The mitochondrial genome (mtDNA), rich in repeats and prone to nuclear mitochondrial DNA segments (NUMTs), drives somatic mosaicism implicated in cancer, metabolic syndromes, and neurodegeneration, yet short-read sequencing yields incomplete catalogs, mapping artifacts, and false heteroplasmies. Here, we introduce MitoScope, a scalable long-read workflow to assemble mtDNA, perform high-fidelity variant calling, resolve heteroplasmy, and characterize NUMTs in benchmarking tissues from the Somatic Mosaicism Across Human Tissues (SMaHT) Network. MitoScope shows high sensitivity and precision, determines copy number, and uncovers low-frequency variants.
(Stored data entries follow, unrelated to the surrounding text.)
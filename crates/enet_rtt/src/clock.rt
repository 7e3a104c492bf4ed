//! The clock, on which a moment is earlier or later than another.

ghost use Rattle.std.specs.Prelude.{◌≡◌, ◌↔◌, IsTrue};
ghost use Rattle.enet_rtt.specs.Clock.{elapsed_time, IsEarlier, sample_of, told_time, meant_time, ShowsElapsedTime, TellsEarlier, ShowsToldTime};

/// The milliseconds from the moment `since` until `now`, modulo 2^32.
pub fn elapsed(now: u32, since: u32) -> u32
    ensures { result ≡ elapsed_time now since }
{
    now.wrapping_sub(since)
}

/// Whether moment `a` is earlier than moment `b` on a clock that wraps: where `a - b`, modulo 2^32, is a day
/// (86,400,000 ms) or more. Moments less than a day apart are told apart rightly (our profile).
pub fn earlier(a: u32, b: u32) -> bool
    ensures { IsTrue result ↔ IsEarlier a b }
{
    elapsed(a, b) >= 86_400_000
}

/// The round trip, 1 to 65,535 ms, that an acknowledgement shows: from the sent time that it repeats, which is the
/// low 16 bits of this end's clock at that time, until `now`; at least 1 (our profile).
pub fn round_trip_sample(now: u32, sent: u16) -> u32
    ensures { result ≡ sample_of now sent }
{
    let low = (now % 65_536) as u16;
    u32::from(low.wrapping_sub(sent)).max(1)
}

/// The sent time that a datagram tells at the moment `now`, of a peer that adds `offset` to its times, modulo 65,536 (our profile).
#[inline(always)]
pub fn told_time(now: u32, offset: u16) -> u16
    ensures { result ≡ told_time now offset }
{
    ((now % 65_536) as u16).wrapping_add(offset)
}

/// The time of 16 bits that a told one stands for, of a peer that adds `offset` to its times (our profile).
#[inline(always)]
pub fn meant_time(told: u16, offset: u16) -> u16
    ensures { result ≡ meant_time told offset }
{
    told.wrapping_sub(offset)
}

/// A law of the definitions, over times that don't wrap and of which the clock shows the remainders modulo 2^32: it shows
/// rightly how much time has passed, where that is less than 2^32 ms, and which of two moments is earlier, where they
/// are less than a day apart. And a told time stands for the moment at which it was told.
pub fn clock_is_right()
    ensures elapsed { ShowsElapsedTime }
    ensures earlier { TellsEarlier }
    ensures told { ShowsToldTime }
{}
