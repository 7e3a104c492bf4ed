//! One channel's sender over the commands of its peer.

ghost use Rattle.std.specs.Prelude.{◌≡◌, ℕ, ◌+◌, ◌<◌, ◌≤◌, ◌∷◌, ◌++◌, [], if◌then◌else◌, IsTrue, IsOk, IfOk, OnOk, OnErr, IfErr, IsErrAnd, ◌⊎◌, ◌↔◌, ◌&&◌, not, List, Option, Some, None, IfSome, IfNone, length, map, take, drop, slice_get, true, false, All};
ghost use Rattle.std.specs.VecDeque.{deque_len, deque_capacity};
ghost use Rattle.slab.specs.Slab.{get, slab_len, SameValues, HasRoomFor};
ghost use Rattle.enet_rtt.specs.Clock.{HappensIn};
ghost use Rattle.enet_seq.specs.Numbering.{wire};
ghost use Rattle.enet_seq.specs.Windows.{after as number_after};
ghost use Rattle.enet_fragment.specs.declared.data.DataCommand.{DataCommand};
ghost use Rattle.enet_sender.specs.declared.pending.Pending.{Pending};
ghost use Rattle.enet_sender.specs.declared.sent.Sent.{Sent};
ghost use Rattle.enet_sender.specs.Sender.{acknowledged, awaits_room, begins_reliable, due_lacks, has_room, head_lacks, may_begin, wants_room, with_marked, lateness, after_lateness, ends, is_late, cleared, after_match, next, next_queued, next_resent, first_sent, may_go, piece_of_body, is_more, skipped, told_of, with_skipped, left};
ghost use Rattle.enet_sender.specs.Due.{Did, new_end, with_submitted};
ghost use Rattle.enet_sender.specs.Waiting.{Waits};
ghost use Rattle.enet_fragment.specs.Cutting.{piece_length, piece_count};
ghost use Rattle.enet_sender.specs.CommandChoice.{fragment_limit};
ghost use Rattle.enet_sender.specs.Private.Invariant.{IsShort};
ghost use Rattle.enet_sender.specs.Counting.{added, count_sent_again};
ghost use Rattle.enet_sender.specs.Course.{IsCourse};
ghost use Rattle.std.specs.List.{range_with_len, list_any};
ghost use Rattle.enet_sender.specs.Private.Queues.{Queues};
ghost use Rattle.enet_sender.specs.Pending.{vacant, named};
ghost use Rattle.enet_sender.specs.Rings.{Keeps, KeepsIn, PassesIn, HasRoom, no_rings, rings_of, sender_in, end_in, commands_at, NoneDue};
ghost use Rattle.enet_sender.specs.Private.Rings.{IsFirstDue};
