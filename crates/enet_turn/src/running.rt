//! Turns one after another.
ghost use Rattle.std.specs.Prelude.{◌≡◌, ◌+◌, List, is_err};
ghost use Rattle.enet_wire.specs.Wires.{also, unless_spent};
ghost use Rattle.enet_turn.specs.Phases.{Chain};
ghost use Rattle.enet_turn.specs.Turn.{Round};
ghost use Rattle.enet_turn.specs.Run.{Rounds, Ends, all_gave, all_told, all_puts};
ghost use Rattle.enet_turn.specs.Counts.{count_of};

use crate::host::Core;
use crate::report::{Fault, Report};
use crate::service::Service;
use enet_bridge::{Sink, Source};
use enet_wire::Wire;
use std::sync::Wait;
use std::time::Clock;

/// Takes so many turns: before each the wire waits, and the turn goes on by the milliseconds that the wait gave. Answers the
/// sums of the turns' reports.
///
/// E14 where the wire fails: the run ends there. The report is then that of the turn that failed; where a wait failed, nothing
/// was done since the turn before it.
pub fn run<H: Core, W: Wire, S: Source, K: Sink, R: Wait + Clock>(
    rt: &R,
    service: &mut Service<H>,
    wire: &mut W,
    source: &mut S,
    sink: &mut K,
    turns: u64,
) -> Result<Report, Fault>
    ensures run { (rounds : List Round)
        × Rounds H.calls service.old rounds service.new
        × Chain S.gives source.old (all_gave rounds) source.new
        × Chain (λ s x t. K.puts s x.0 x.1 t) sink.old (all_puts rounds) sink.new
        × (W.told wire.new ≡ also (W.told wire.old) (unless_spent (W.faults wire.old) (all_told rounds)))
        × Ends turns rounds result }
    ensures faults { W.faults wire.new ≡ W.faults wire.old + count_of (is_err result) }
    ensures kept { W.kept wire.new ≡ W.kept wire.old }
{
    let mut buf = [0u8; 4096];
    let mut total = Report::nothing();
    for _turn in 0..turns {
        let ms = match wire.wait(rt) {
            Ok(ms) => ms,
            Err(why) => {
                return Err(Fault {
                    why,
                    report: Report::nothing(),
                });
            }
        };
        let report = service.turn_through(rt, wire, source, sink, ms, &mut buf)?;
        total = total.and(report);
    }
    Ok(total)
}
We define an age- and tissue-dependent landscape of mtDNA mosaicism, including low-frequency pathogenic heteroplasmies, a bimodal heteroplasmy spectrum shaped by purifying selection, and age-accumulating deletions enriched for microhomology. Parallel profiling of NUMTs identifies high-confidence events with >2-fold more NUMTs than short-read surveys--with evidence of nonrandom trinucleotide contexts at breakpoints. These findings expose pervasive, tissue-resolved somatic mtDNA and NUMT instability with direct relevance for variant interpretation, aging, and human disease.